You look directly overhead and see a plane exactly 1.4·km above the ground, flying faster than the speed of sound. By the time you hear the sonic boom, the plane has traveled a horizontal distance of 2.4·km.

(a) Find the angle of the shock wave cone.

(b) Find the speed of the plane (Mach number).

Homework Equations

Sin (shock wave cone angle)=(c/v)

PLane Speed= v/c

v=velocity of source

c=speed of sound

The Attempt at a Solution

The plane is 1400 meters high. When the shockwave is heard, the plane has traveled 2400 meters horizontally. Sound travels at 343 m/s. 1400/343 gives me 4.08 seconds. 2400/4.08 gives the plane a speed of 588 m/s.

Sin-1(343/588)=35.7 degrees. Of course, I'm here because these are not the correct answers and I don't know why. Any clues as to what I did wrong would be greatly appreciated.

 

[tiny-tim]

Hi negatifzeo!

You're not thinking clearly.

The sound leaves the plane before it's overhead.
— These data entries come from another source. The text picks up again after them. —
// With the first of the words, where it is an option that wasn't given before; and the words that are left.
fn option_at(options: Options, words: &[String]) -> (Options, &[String])
    ensures { (result.0, map string_bytes result.1.now) ≡ option_at options (map string_bytes words.now) }
{
    let [word, rest @ ..] = words else {
        return (options, words);
    };
    if word.as_str() == "--replace" && !options.replace {
        let options = Options {
            replace: true,
            keep: options.keep,
        };
        return (options, rest);
    }
    if word.as_str() == "--keep" && !options.keep {
        let options = Options {
            replace: options.replace,
            keep: true,
        };
        return (options, rest);
    }
    (options, words)
}

// The options at the front of the words, and the words that are left.
fn options_at(words: &[String]) -> (Options, &[String])
    ensures { (result.0, map string_bytes result.1.now) ≡ options_at (map string_bytes words.now) }
{
    let none = Options {
        replace: false,
        keep: false,
    };
    let (options, rest) = option_at(none, words);
    option_at(options, rest)
}

/// What takes no word, or none behind its options.
pub(crate) fn alone<X: Drop>(words: &[String], one: X) -> Result<X, Failure>
    ensures is { result ≡ alone one (map string_bytes words.now) }
    ensures reads { ReadsWords (alone one (map string_bytes words.now)) result }
{
    if words.is_empty() {
        return Ok(one);
    }
    Err(Failure::Usage)
}

// The words after `install`.
fn read_install(words: &[String]) -> Result<Command, Failure>
    ensures { ReadsWords (install_of (map string_bytes words.now)) result }
{
    let (options, rest) = options_at(words);
    alone(rest, Command::Install { options })
}

// Whether the words are `-` alone.
fn is_input(words: &[String]) -> bool
    ensures { result ≡ is_input (map string_bytes words.now) }
{
    let [word, rest @ ..] = words else {
        return false;
    };
    rest.is_empty() && word.as_str() == "-"
}

// With the first of the words, where it is an option of `update` that wasn't given before; and the words that are left.
fn update_option_at(options: UpdateOptions, words: &[String]) -> (UpdateOptions, &[String])
    ensures { (result.0, map string_bytes result.1.now) ≡ update_option_at options (map string_bytes words.now) }
{
    let [word, rest @ ..] = words else {
        return (options, words);
    };
    if word.as_str() == "--resolve" && !options.resolve {
        let options = UpdateOptions {
            job: options.job,
            resolve: true,
        };
        return (options, rest);
    }
    let (job, rest) = option_at(options.job, words);
    let options = UpdateOptions {
        job,
        resolve: options.resolve,
    };
    (options, rest)
}

// The options of `update` at the front of the words, and the words that are left.
fn update_options_at(words: &[String]) -> (UpdateOptions, &[String])
    ensures { (result.0, map string_bytes result.1.now) ≡ update_options_at (map string_bytes words.now) }
{
    let none = UpdateOptions {
        job: Options {
            replace: false,
            keep: false,
        },
        resolve: false,
    };
    let (options, rest) = update_option_at(none, words);
    let (options, rest) = update_option_at(options, rest);
    update_option_at(options, rest)
}

// The words after the options of `update`, where these are no specifications.
fn read_update_with(options: UpdateOptions, words: &[String]) -> Result<Command, Failure>
    ensures { ReadsWords (update_with options (map string_bytes words.now)) result }
{
    if is_input(words) && !options.resolve {
        return Ok(Command::UpdateByInput {
            options: options.job,
        });
    }
    Err(Failure::Usage)
}

// The words after `update`, where these are no specifications.
#[tactic(auto, unfolding(crate::specs::Words::update_of))]
fn read_update_by_input(words: &[String]) -> Result<Command, Failure>
    ensures { ReadsWords (update_of (map string_bytes words.now)) result }
{
    let (options, rest) = update_options_at(words);
    read_update_with(options, rest)
}

// The words after `sync`.
fn read_sync(words: &[String]) -> Result<Command, Failure>
    ensures { ReadsWords (sync_of (map string_bytes words.now)) result }
{
    let (options, rest) = options_at(words);
    alone(rest, Command::Sync { options })
}

// The names that the words are, in their order. `Bad` exactly where they are too many, or one of them isn't a name.
fn read_names(alloc: Global, words: &[String]) -> Result<NameList, TextFault>
    ensures value { IfOk result (λ names. names ≡ map string_bytes words.now) }
    ensures ok { IfOk result (λ names. are_names (map string_bytes words.now) ≡ true) }
    ensures bad { IsErrOf result TextFault.Bad → are_names (map string_bytes words.now) ≡ false }
{
    if words.len() > LIST_LIMIT {
        return Err(TextFault::Bad);
    }
    read_each(alloc, words)
}

fn read_each(alloc: Global, words: &[String]) -> Result<NameList, TextFault>
    ensures value { IfOk result (λ names. names ≡ map string_bytes words.now) }
    ensures ok { IfOk result (λ names. list_all is_name (map string_bytes words.now) ≡ true) }
    ensures bad { IsErrOf result TextFault.Bad → list_all is_name (map string_bytes words.now) ≡ false }
{
    let mut names = Vec::new(alloc);
    for word in words {
        names.push(Name::read(alloc, word.as_str())?)?;
    }
    Ok(ListOf::new(names))
}

// The names after the option of `erase`.
fn read_erased(alloc: Global, replace: bool, words: &[String]) -> Result<Command, Failure>
    ensures { ReadsWords (erase_with replace (map string_bytes words.now)) result }
{
    if words.is_empty() {
        return Err(Failure::Usage);
    }
    match read_names(alloc, words) {
        Ok(names) => Ok(Command::Erase { names, replace }),
        Err(TextFault::Bad) => Err(Failure::Usage),
        Err(TextFault::Memory) => Err(Failure::Memory),
    }
}
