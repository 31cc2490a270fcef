// Descriptors to be built: one entry, judged and measured as the reader would judge the head made of it.
#![tactic(auto)]

ghost use Rattle.std.specs.Prelude.{◌≡◌, ◌+◌, ◌*◌, ◌<◌, leb, eqb};
ghost use Rattle.std.specs.Float.{binary64};
ghost use Rattle.std.specs.Float.Ieee.{of_bits};
ghost use Rattle.std.specs.Float.Ieee.Scale.{finite};
ghost use Rattle.algebra.specs.Chars.{chars};
ghost use Rattle.algebra.specs.Reader.{pick, body, each, number_of};
ghost use Rattle.algebra.specs.Faults.{first_of};
ghost use Rattle.descriptor.specs.Reading.{double, is_unit, is_array_unit};
ghost use Rattle.descriptor_raw.specs.Raw.{due_of};
ghost use Rattle.descriptor_entry.specs.Pieces.{units, size, fault, fault_of};
ghost use Rattle.descriptor_entry.specs.Shapes.{kind_of, pieces_of, object, shape_of};
ghost use Rattle.descriptor_entry.specs.Entries.{key_pieces, objects_due, field_pieces, head_pieces, root_pieces, asks};
ghost use Rattle.descriptor_entry_judge.specs.Judging.{told_fault, Judges};
ghost use Rattle.descriptor_entry_judge.specs.scaffold.Parts.{Sized, FourSized, head_fault};

use descriptor_entry::{Field, Shape};
use descriptor_entry_fields::{is_keyed, members_in, number_in, place_in};
use descriptor_judge::LIMIT;
use fault::{Fault, Refusal};

/// What is found of one head: how many bytes it takes, its first fault, what its row's children are,
/// with the number of objects, and how many.
#[derive(Clone, Copy, Debug, PartialEq, Eq)]
pub struct Judged {
    pub size: usize,
    pub sound: Result<(), Fault>,
    pub what: u32,
    pub objects: u32,
    pub count: u32,
}

// ---- how long a head is

// How many bytes a field takes.
fn some_size(row: &[u32], field: Field) -> usize
    ensures { Sized (size (pieces_of 0 row.now field)) result }
{
    match field {
        Field::Nothing => 0,
        Field::Word(_) => 4,
        Field::Measure => 4,
        Field::ArrayMeasure => 4,
        Field::Flag => 1,
        Field::Wide => 8,
        Field::Double => 8,
        Field::Id(i) => 4 + descriptor_entry_fields::id_length(number_in(row, i)),
        Field::Text(i) => 4 + 2 * number_in(row, i) as usize,
        Field::Run(i) => 4 + number_in(row, i) as usize,
        Field::Doubles(i) => 4 + 8 * number_in(row, i) as usize,
    }
}

// The same, with no call where there is no field.
fn field_size(row: &[u32], field: Field) -> usize
    ensures { Sized (size (pieces_of 0 row.now field)) result }
{
    match field {
        Field::Nothing => 0,
        _ => some_size(row, field),
    }
}

// How many bytes the fields behind a kind take.
fn fields_size(row: &[u32], shape: Shape) -> usize
    ensures { FourSized (size (field_pieces 0 shape row.now)) result }
{
    field_size(row, shape.first)
        + field_size(row, shape.second)
        + field_size(row, shape.third)
        + field_size(row, shape.fourth)
}

// How many bytes a key takes, where a pair is due.
fn key_size(row: &[u32], what: u32) -> usize
    ensures { Sized (size (key_pieces (due_of what 0) row.now)) result }
{
    if is_keyed(what) {
        return 4 + descriptor_entry_fields::id_length(number_in(row, 1));
    }
    0
}

// ---- judging single fields

// The fault of a part of the text.
fn run_fault(text: &[u8], first: usize, n: usize) -> Result<(), Fault>
    ensures { told_fault result ≡ number_of (body 1 n text.now first) }
{
    match fields::run_at(text, first, n) {
        Ok(_) => Ok(()),
        Err(Refusal(fault, _)) => Err(fault),
    }
}

// The fault of n units, of which only the last is looked at.
fn units_fault(text: &[u8], first: usize, n: usize) -> Result<(), Fault>
    requires { (first < 4294967296) × (n < 4294967296) }
    ensures { told_fault result ≡ fault_of text.now (units first n) }
{
    if n == 0 {
        return Ok(());
    }
    run_fault(text, first, 2 * n)?;
    if fields::number_or_zero::<u16>(text, first + 2 * n - 2) != 0 {
        return Err(Fault::BadlyClosed);
    }
    Ok(())
}

// The first fault of n doubles.
fn doubles_fault(text: &[u8], first: usize, n: usize) -> Result<(), Fault>
    ensures { told_fault result ≡ number_of (each n 0 (λ i. double) text.now first) }
{
    let mut p = first;
    for i in 0..n {
        match descriptor_fields::double_at(text, p) {
            Ok(next) => {
                p = next;
            }
            Err(Refusal(fault, _)) => {
                return Err(fault);
            }
        }
    }
    Ok(())
}

// The same behind their count, which is the number of objects.
fn column_fault(text: &[u8], objects: u32, n: u32, first: usize) -> Result<(), Fault>
    ensures { told_fault result ≡ first_of (pick (eqb n objects) 0 5) (number_of (each n 0 (λ i. double) text.now first)) }
{
    if n == objects {
        return doubles_fault(text, first, n as usize);
    }
    Err(Fault::OutOfRange)
}

fn unit_fault(tag: u32) -> Result<(), Fault>
    ensures { told_fault result ≡ pick (is_unit tag) 0 4 }
{
    if descriptor_fields::is_unit(tag) {
        return Ok(());
    }
    Err(Fault::Unknown)
}

fn array_unit_fault(tag: u32) -> Result<(), Fault>
    ensures { told_fault result ≡ pick (is_array_unit tag) 0 4 }
{
    if descriptor_fields::is_array_unit(tag) {
        return Ok(());
    }
    Err(Fault::Unknown)
}

fn flag_fault(value: u32) -> Result<(), Fault>
    ensures { told_fault result ≡ pick (leb value 1) 0 5 }
{
    if value <= 1 {
        return Ok(());
    }
    Err(Fault::OutOfRange)
}

// The fault of a double by its high and low 32 bits.
fn double_fault(high: u32, low: u32) -> Result<(), Fault>
    ensures { told_fault result ≡ pick (finite (of_bits binary64 (high * 4294967296 + low))) 0 5 }
{
    let bits = u64::from(high) * 4294967296 + u64::from(low);
    if bits % 0x8000_0000_0000_0000 < 0x7ff0_0000_0000_0000 {
        return Ok(());
    }
    Err(Fault::OutOfRange)
}

// The fault of a field, in an object array of so many objects.
fn field_fault(text: &[u8], row: &[u32], objects: u32, field: Field) -> Result<(), Fault>
    ensures { told_fault result ≡ fault text.now (pieces_of objects row.now field) }
{
    match field {
        Field::Nothing => Ok(()),
        Field::Word(_) => Ok(()),
        Field::Measure => unit_fault(number_in(row, 11)),
        Field::ArrayMeasure => array_unit_fault(number_in(row, 11)),
        Field::Flag => flag_fault(number_in(row, 13)),
        Field::Wide => Ok(()),
        Field::Double => double_fault(number_in(row, 12), number_in(row, 13)),
        Field::Id(i) => run_fault(
            text,
            place_in(row, i),
            descriptor_entry_fields::id_length(number_in(row, i)),
        ),
        Field::Text(i) => units_fault(text, place_in(row, i), number_in(row, i) as usize),
        Field::Run(i) => run_fault(text, place_in(row, i), number_in(row, i) as usize),
        Field::Doubles(i) => column_fault(text, objects, number_in(row, i), place_in(row, i)),
    }
}

// The first fault of the fields behind a kind.
fn fields_fault(text: &[u8], row: &[u32], objects: u32, shape: Shape) -> Result<(), Fault>
    ensures { told_fault result ≡ fault text.now (field_pieces objects shape row.now) }
{
    field_fault(text, row, objects, shape.first)?;
    field_fault(text, row, objects, shape.second)?;
    field_fault(text, row, objects, shape.third)?;
    field_fault(text, row, objects, shape.fourth)
}

// The fault of a key, where a pair is due.
fn key_fault(text: &[u8], row: &[u32], what: u32) -> Result<(), Fault>
    ensures { told_fault result ≡ fault text.now (key_pieces (due_of what 0) row.now) }
{
    if is_keyed(what) {
        return field_fault(text, row, 0, Field::Id(1));
    }
    Ok(())
}

// ---- judging a head

// How many objects the array has whose pair is due.
fn objects_due(what: u32, objects: u32) -> u32
    ensures { result ≡ objects_due (due_of what objects) }
{
    if 2 < what { objects } else { 0 }
}

// The fault of a head: of its key, then of its kind, then of its fields.
fn head_fault(text: &[u8], row: &[u32], what: u32, objects: u32, shape: Shape) -> Result<(), Fault>
    ensures { told_fault result ≡ head_fault text.now row.now (due_of what 0) (objects_due (due_of what objects)) shape }
{
    key_fault(text, row, what)?;
    if shape.known {
        return fields_fault(text, row, objects_due(what, objects), shape);
    }
    Err(Fault::Unknown)
}

/// A member's head. One that is over the limit by itself is not judged further.
pub fn judge_head(row: &[u32], text: &[u8], what: u32, objects: u32) -> Judged
    ensures { Judges text.now (head_pieces (due_of what objects) row.now) (asks (shape_of (due_of what objects) (kind_of row.now)) 0 0 0 row.now) result }
{
    let shape = descriptor_entry_fields::shape_of(what, number_in(row, 0));
    let size = key_size(row, what) + 4 + fields_size(row, shape);
    let count = members_in(row, shape);
    let below = shape.below.unwrap_or(0);
    let arity = number_in(row, 15);
    if LIMIT < size {
        return Judged {
            size,
            sound: Ok(()),
            what: below,
            objects: arity,
            count,
        };
    }
    let sound = head_fault(text, row, what, objects, shape);
    Judged {
        size,
        sound,
        what: below,
        objects: arity,
        count,
    }
}

// The root's fault: of its kind, then of its fields.
fn root_fault(text: &[u8], row: &[u32], shape: Shape) -> Result<(), Fault>
    ensures { told_fault result ≡ first_of (pick (eqb (kind_of row.now) (chars "Objc")) 0 4) (fault text.now (field_pieces 0 shape row.now)) }
{
    if number_in(row, 0) == descriptor::OBJECT {
        return fields_fault(text, row, 0, shape);
    }
    Err(Fault::Unknown)
}

/// The root's head.
pub fn judge_root(row: &[u32], text: &[u8]) -> Judged
    ensures { Judges text.now (root_pieces row.now) (asks object 0 0 0 row.now) result }
{
    let shape = descriptor_entry_fields::root_shape();
    let size = 4 + fields_size(row, shape);
    let count = number_in(row, 14);
    let arity = number_in(row, 15);
    if LIMIT < size {
        return Judged {
            size,
            sound: Ok(()),
            what: 1,
            objects: arity,
            count,
        };
    }
    let sound = root_fault(text, row, shape);
    Judged {
        size,
        sound,
        what: 1,
        objects: arity,
        count,
    }
}
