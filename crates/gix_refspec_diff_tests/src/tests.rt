//! What two lists of fetch values do otherwise.

mod besides;
mod pairs;
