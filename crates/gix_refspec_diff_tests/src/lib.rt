//! Tests of `gix_refspec_diff` by its public names.
#![tactic(auto)]

#[cfg(test)]
mod tests;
Draw a diagram. There's a right-angled triangle in it. You know one of the angles has sin c/v (which one?). Then use Pythagoras' theorem!

 

[negatifzeo]

I don't understand. It makes sense that the planr makes a sound before its directly overhead, of course. But how can you solve for sin c/v without knowing the aircraft's speed?

 

[tiny-tim]

But how can you solve for sin c/v without knowing the aircraft's speed?

Because v is an unknown, just like x in ordinary algebra equations.

Draw the diagram … use v, or a multiple of v, where you would normally use a number … and you'll get an equation in v (maybe linear, maybe quadratic) … which you can then solve.

Try it (and start with the diagram)!

 

[Anony-mouse]

I'm having problems with this question too.

I understand that the angle is Tan-1 (1.4/2.4) = 30.25 degrees

But how do you go about finding the mach number? I also calculated the speed as 588 m/s, making the Mach speed 1.78, but that wasn't right.